(RAW DATA)
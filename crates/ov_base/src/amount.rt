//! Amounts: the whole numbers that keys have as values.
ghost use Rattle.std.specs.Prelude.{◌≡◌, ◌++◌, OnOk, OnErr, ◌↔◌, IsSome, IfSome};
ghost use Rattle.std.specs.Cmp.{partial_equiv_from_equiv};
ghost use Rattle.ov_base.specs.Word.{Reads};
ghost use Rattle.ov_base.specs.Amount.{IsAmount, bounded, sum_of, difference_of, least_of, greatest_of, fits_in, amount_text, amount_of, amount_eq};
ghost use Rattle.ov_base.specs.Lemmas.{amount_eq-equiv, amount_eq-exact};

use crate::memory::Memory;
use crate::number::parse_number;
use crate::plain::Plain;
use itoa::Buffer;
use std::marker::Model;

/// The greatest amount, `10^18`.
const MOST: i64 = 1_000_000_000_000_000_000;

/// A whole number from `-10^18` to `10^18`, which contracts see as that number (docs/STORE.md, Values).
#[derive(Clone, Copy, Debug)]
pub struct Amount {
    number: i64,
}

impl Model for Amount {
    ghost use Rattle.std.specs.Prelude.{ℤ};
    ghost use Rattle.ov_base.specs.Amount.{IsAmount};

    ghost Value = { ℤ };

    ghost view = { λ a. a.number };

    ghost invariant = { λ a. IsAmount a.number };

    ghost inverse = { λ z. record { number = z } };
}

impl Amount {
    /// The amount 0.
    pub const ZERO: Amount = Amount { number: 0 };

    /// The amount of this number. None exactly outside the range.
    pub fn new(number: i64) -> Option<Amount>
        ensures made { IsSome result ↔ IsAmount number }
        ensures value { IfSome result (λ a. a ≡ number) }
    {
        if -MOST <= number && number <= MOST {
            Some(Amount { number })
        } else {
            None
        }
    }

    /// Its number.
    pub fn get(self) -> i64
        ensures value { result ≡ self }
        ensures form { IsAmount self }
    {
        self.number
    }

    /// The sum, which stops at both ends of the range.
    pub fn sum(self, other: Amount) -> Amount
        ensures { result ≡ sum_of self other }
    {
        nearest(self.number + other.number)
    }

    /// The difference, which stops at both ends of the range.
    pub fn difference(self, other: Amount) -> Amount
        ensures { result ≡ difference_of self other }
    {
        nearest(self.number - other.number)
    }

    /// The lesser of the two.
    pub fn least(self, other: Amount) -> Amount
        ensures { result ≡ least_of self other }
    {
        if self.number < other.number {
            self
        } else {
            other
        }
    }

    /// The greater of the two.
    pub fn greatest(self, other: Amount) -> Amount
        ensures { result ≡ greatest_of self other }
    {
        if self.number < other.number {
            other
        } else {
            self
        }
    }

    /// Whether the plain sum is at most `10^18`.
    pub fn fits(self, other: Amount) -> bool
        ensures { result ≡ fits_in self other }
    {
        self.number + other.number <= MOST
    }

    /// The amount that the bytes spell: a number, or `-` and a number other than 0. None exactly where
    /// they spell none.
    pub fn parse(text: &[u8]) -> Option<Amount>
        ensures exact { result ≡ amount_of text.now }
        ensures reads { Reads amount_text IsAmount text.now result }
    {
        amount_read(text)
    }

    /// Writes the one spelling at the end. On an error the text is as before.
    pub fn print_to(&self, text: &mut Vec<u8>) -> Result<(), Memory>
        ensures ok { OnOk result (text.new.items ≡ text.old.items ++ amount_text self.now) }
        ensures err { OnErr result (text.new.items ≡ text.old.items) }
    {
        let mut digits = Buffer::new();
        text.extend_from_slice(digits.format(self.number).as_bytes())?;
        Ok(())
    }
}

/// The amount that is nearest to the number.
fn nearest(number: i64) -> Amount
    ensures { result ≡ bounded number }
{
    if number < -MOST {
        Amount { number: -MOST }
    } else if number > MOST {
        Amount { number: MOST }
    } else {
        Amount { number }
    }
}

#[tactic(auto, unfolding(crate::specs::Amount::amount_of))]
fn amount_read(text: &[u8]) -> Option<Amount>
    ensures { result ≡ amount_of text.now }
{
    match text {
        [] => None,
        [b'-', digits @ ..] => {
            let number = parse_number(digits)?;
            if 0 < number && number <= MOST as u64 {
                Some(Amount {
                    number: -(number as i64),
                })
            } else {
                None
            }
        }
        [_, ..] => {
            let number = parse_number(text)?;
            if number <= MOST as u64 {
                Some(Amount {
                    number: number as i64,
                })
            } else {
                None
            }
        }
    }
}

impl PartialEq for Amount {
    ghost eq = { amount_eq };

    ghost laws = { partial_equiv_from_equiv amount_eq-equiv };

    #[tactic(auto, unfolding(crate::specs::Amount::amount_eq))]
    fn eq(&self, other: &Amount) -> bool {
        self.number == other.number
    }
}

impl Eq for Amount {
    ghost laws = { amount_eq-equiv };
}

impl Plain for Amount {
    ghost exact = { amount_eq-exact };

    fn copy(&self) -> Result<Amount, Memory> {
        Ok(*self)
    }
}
(End RAW DATA)
## [WHAT YOU NEED TO DO]
Check each line above for the word "const", and copy the lines where it appears.

## [ANSWER AREA]
const MOST: i64 = 1_000_000_000_000_000_000;
    pub const ZERO: Amount = Amount { number: 0 };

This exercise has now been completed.